# Crash Chilling - Why, How? New To Ginger Beer Bloke



## brettadelaide (3/11/10)

G'day, 
After years of beer brewing I've had a go at one of the GB recipes in the forum - thanks. It's bubbling away now(Father @ Son version2). I have never second fermented when beer brewing/ racked . But with the GB is this a must. Could someone outline the purpose of pouring the ferment liquid into another plastic contained, then putting it in the fridge for a while? By thye way my OG was only 1.038. Thanks


----------



## [email protected] (3/11/10)

Secondary fermenting was one of those things that when I first did I thought "Blimey why haven't I done this before". Basically all the crap in the bottom of your fermenter will be mixed a little bit through your beer when you bottle/ keg. This makes your beer cloudy and can add some undesirable taste characteristics. By pouring your beer into a second fermenter after its finished fermenting, you are removing all the crap from the bottom of the beer. The crap which has mixed through the beer will sink out and you will get a smaller trub in the bottom of your second fermenter. By putting this in the fridge you cause a lot of the undesirables to bind together and sink to the bottom more quickly. 

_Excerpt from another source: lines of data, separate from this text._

// The input of the printed run: its check, its parts and its calls.
#![tactic(auto)]

ghost use Rattle.std.specs.Prelude.{◌≡◌, ◌+◌, ◌*◌, ◌-◌, ◌≤◌, ◌<◌, ltb, MatchResult, min, length, get_or, take, drop};
ghost use Rattle.std.specs.List.{list_all};
ghost use Rattle.refusal.specs.Refusal.{refusal_of};
ghost use Rattle.stream.specs.Stream.{
  call_of,
  calls_at,
  check_of,
  chance_words,
  end_at,
  events_of,
  input_refusal,
  layout_of,
  loaded,
  machine_table,
  next_call,
  size_refusal,
  state_table,
  transition_table,
  value_words,
};
ghost use Rattle.stream.specs.Within.{Ordered, places_of, within};

use machine::constants::{MACHINE_WORDS, STATE_WORDS, TRANSITION_WORDS};
use refusal::Refusal;

mod input; // an accepted input

pub use input::Input;
pub use machine::state::word; // word k, or 0 past the end

// The words of the header.
const HEADER_WORDS: usize = 9;

// Where the parts behind the machine table start.
#[derive(Clone, Copy)]
pub struct Layout {
    pub states: usize,
    pub transitions: usize,
    pub chances: usize,
    pub values: usize,
    pub calls: usize,
}

// A call: its time, where its events start, and where the next call does.
#[derive(Clone, Copy)]
pub struct Call {
    pub time: u64,
    pub events: usize,
    pub next: usize,
}

// The place behind so many rows from `at` on, in words that end at `end`: one past the end stands
// for every place beyond it, so no count is too large.
fn after(end: usize, at: usize, rows: u64, width: usize) -> usize
    requires { end < 2305843009213693952 }
    ensures { result ≡ min (at + width * rows) (end + 1) }
{
    at.saturating_add(width.saturating_mul(rows as usize))
        .min(end + 1)
}

// The parts' places, one past the end for those beyond it.
#[tactic(auto, unfolding(crate::specs::Stream::states_at, crate::specs::Stream::transitions_at, crate::specs::Stream::chances_at, crate::specs::Stream::values_at, crate::specs::Stream::calls_at))]
fn places(words: &[u64]) -> Layout
    ensures { result ≡ places_of words.now }
{
    let end = words.len();
    let machines = after(end, 0, 1, HEADER_WORDS);
    let states = after(end, machines, word(words, 3), MACHINE_WORDS);
    let transitions = after(end, states, word(words, 4), STATE_WORDS);
    let chances = after(end, transitions, word(words, 5), TRANSITION_WORDS);
    let values = after(end, chances, word(words, 6), 1);
    let calls = after(end, values, word(words, 7), 1);
    Layout {
        states,
        transitions,
        chances,
        values,
        calls,
    }
}

// The place behind the call at `at`.
fn call_end(words: &[u64], at: usize) -> usize
    requires { at ≤ length words.now + 1 }
    ensures { result ≡ within words.now (next_call words.now at) }
{
    let end = words.len();
    let events = after(end, at, 1, 2);
    after(end, events, word(words, at + 1), 2)
}

// The place behind the last call, where the first is at `first`.
#[tactic(auto, using(crate::proofs::Clip::next_call_lem, crate::proofs::Clip::beyond, crate::proofs::Clip::all_calls), unfolding(crate::specs::Stream::call_at))]
fn calls_end(words: &[u64], first: usize) -> usize
    requires { first ≡ within words.now (calls_at words.now) }
    ensures { result ≡ within words.now (end_at words.now) }
{
    let calls = word(words, 8);
    let mut at = first;
    for _ in 0..calls {
        // Beyond the end nothing comes back inside.
        if words.len() < at {
            return at;
        }
        at = call_end(words, at);
    }
    at
}

// Whether each word is below 2^32.
fn narrow(words: &[u64]) -> bool
    ensures { result ≡ list_all (λ word. ltb word 4294967296) words.now }
{
    words.iter().all(|word| *word < 4294967296)
}

// Refuses words where some are missing or left over, or a chance word is 2^32 or more.
pub fn check(words: &[u64]) -> Result<(), Refusal>
    ensures { refusal_of result ≡ check_of words.now }
{
    let l = places(words);
    let end = calls_end(words, l.calls);
    if end != words.len() {
        return Err(Refusal::BadInput);
    }
    if narrow(between(words, l.chances, l.values)) {
        return Ok(());
    }
    Err(Refusal::BadInput)
}

// Where the parts of accepted words start.
#[tactic(auto, using(crate::proofs::Clip::exact, crate::specs::Inside::accepted, crate::specs::Inside::parts_inside))]
pub fn parts(words: &[u64]) -> Layout
    requires { check_of words.now ≡ 0 }
    ensures is { result ≡ layout_of words.now }
    ensures inside { Ordered result (length words.now) }
{
    places(words)
}

// The words from one place up to another.
fn between(words: &[u64], from: usize, to: usize) -> &[u64]
    requires { (from ≤ to) × (to ≤ length words.now) }
    ensures { result.now ≡ take (to - from) (drop from words.now) }
{
    &words[from..to]
}

// The parts of accepted words, each as the `Input` of these words has it.
// beside `Input`'s methods: public functions, named in docs/MAP.md, for callers that hold checked words
pub fn machine_table(words: &[u64]) -> &[u64]
    requires { check_of words.now ≡ 0 }
    ensures { result.now ≡ machine_table words.now }
{
    Input::accepted(words).machines()
}

pub fn state_table(words: &[u64]) -> &[u64]
    requires { check_of words.now ≡ 0 }
    ensures { result.now ≡ state_table words.now }
{
    Input::accepted(words).states()
}

pub fn transition_table(words: &[u64]) -> &[u64]
    requires { check_of words.now ≡ 0 }
    ensures { result.now ≡ transition_table words.now }
{
    Input::accepted(words).transitions()
}

pub fn chance_words(words: &[u64]) -> &[u64]
    requires { check_of words.now ≡ 0 }
    ensures { result.now ≡ chance_words words.now }
{
    Input::accepted(words).chances()
}

pub fn value_words(words: &[u64]) -> &[u64]
    requires { check_of words.now ≡ 0 }
    ensures { result.now ≡ value_words words.now }
{
    Input::accepted(words).values()
}

// The call at a place that lies inside the words (`call_inside` in specs/Inside.antt).
pub fn call_at(words: &[u64], at: usize) -> Call
    requires { next_call words.now at ≤ length words.now }
    ensures { result ≡ call_of words.now at }
{
    let events = at + 2;
    let count = words[at + 1] as usize;
    Call {
        time: words[at],
        events,
        next: events + 2 * count,
    }
}

// Its event words.
#[tactic(auto, unfolding(crate::specs::Stream::events_of))]
pub fn events_at(words: &[u64], at: usize) -> &[u64]
    requires { next_call words.now at ≤ length words.now }
    ensures { result.now ≡ events_of words.now at }
{
    let call = call_at(words, at);
    between(words, call.events, call.next)
}

// Refuses an input of so many bytes where they are more than 8,192 words or cut the last one.
#[tactic(auto, unfolding(crate::specs::Stream::size_refusal))]
fn check_size(bytes: usize) -> Result<(), Refusal>
    ensures is { refusal_of result ≡ size_refusal bytes }
    ensures told { MatchResult result (λ ok. bytes ≤ 65536) (λ refusal. size_refusal bytes ≡ 21) }
{
    if 65536 < bytes {
        return Err(Refusal::BadInput);
    }
    if bytes % 8 == 0 {
        return Ok(());
    }
    Err(Refusal::BadInput)
}

// The input's words at the start of words, and what the input is refused as. An input whose size is
// refused leaves words as they are.
pub fn load(bytes: &[u8], words: &mut [u64]) -> Result<(), Refusal>
    requires { 8192 ≤ length words.old }
    ensures answer { refusal_of result ≡ input_refusal bytes.now }
    ensures words { words.new ≡ loaded bytes.now words.old }
{
    check_size(bytes.len())?;
    let n = bytes.len() / 8;
    text::put_words(bytes, n, words);
    check(&words[..n])
}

Your result is a much clearer beer. So when you pour one for your mate it looks more like what everyone think a beer looks like.


----------



## SuiCIDER (3/11/10)

^ What he said.

Also, I would suggest using a glass demijohn for a secondary, I find that it comes out a lot nicer. (Sometimes I get a plastic-y type taste if I have to bulk store)


----------



## brettadelaide (4/11/10)

Thanks, what is the process for getting the liquid out of the glass demijohn, I am used to the plastic tube with value fitted that fills when pressed on the inside bottom of the bottle. Do you have to siphon?

Also, is there another reeasonb to crash chill - to prevent the yeast converting the remaining sugar? 

If so, does this mean your drink is basically sweeter.............which leads me to my next question.......when priming bottles with sugar, will it be too gassy because there is too much sugar left?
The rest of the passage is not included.